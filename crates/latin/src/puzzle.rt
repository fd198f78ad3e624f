// What a Latin square holds.
ghost use Rattle.std.specs.Prelude.{◌≡◌, true};
ghost use Rattle.latin.specs.Latin.{latin_makeable};

use puzzles::Given;

// The smallest square, and the largest.
pub(crate) const SMALLEST: usize = 1;

pub(crate) const LARGEST: usize = 9;

/// A Latin square of 1 to 9 symbols: a place is board row × size + column, a value is a symbol.
/// An answer has each symbol once in each row and column, and every given.
#[derive(Clone, Copy)]
pub struct Latin<'a> {
    pub(crate) size: u8,
    pub(crate) givens: &'a [Given],
    ghost made: { latin_makeable size givens.now ≡ true },
}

DIRECTIONS
Give the listing above again, word for word.

EXPECTED ANSWER
filename crates/latin/src/puzzle.rt
repository fd198f78ad3e624f
// What a Latin square holds.
ghost use Rattle.std.specs.Prelude.{◌≡◌, true};
ghost use Rattle.latin.specs.Latin.{latin_makeable};

use puzzles::Given;

// The smallest square, and the largest.
pub(crate) const SMALLEST: usize = 1;

pub(crate) const LARGEST: usize = 9;

/// A Latin square of 1 to 9 symbols: a place is board row × size + column, a value is a symbol.
/// An answer has each symbol once in each row and column, and every given.
#[derive(Clone, Copy)]
pub struct Latin<'a> {
    pub(crate) size: u8,
    pub(crate) givens: &'a [Given],
    ghost made: { latin_makeable size givens.now ≡ true },
}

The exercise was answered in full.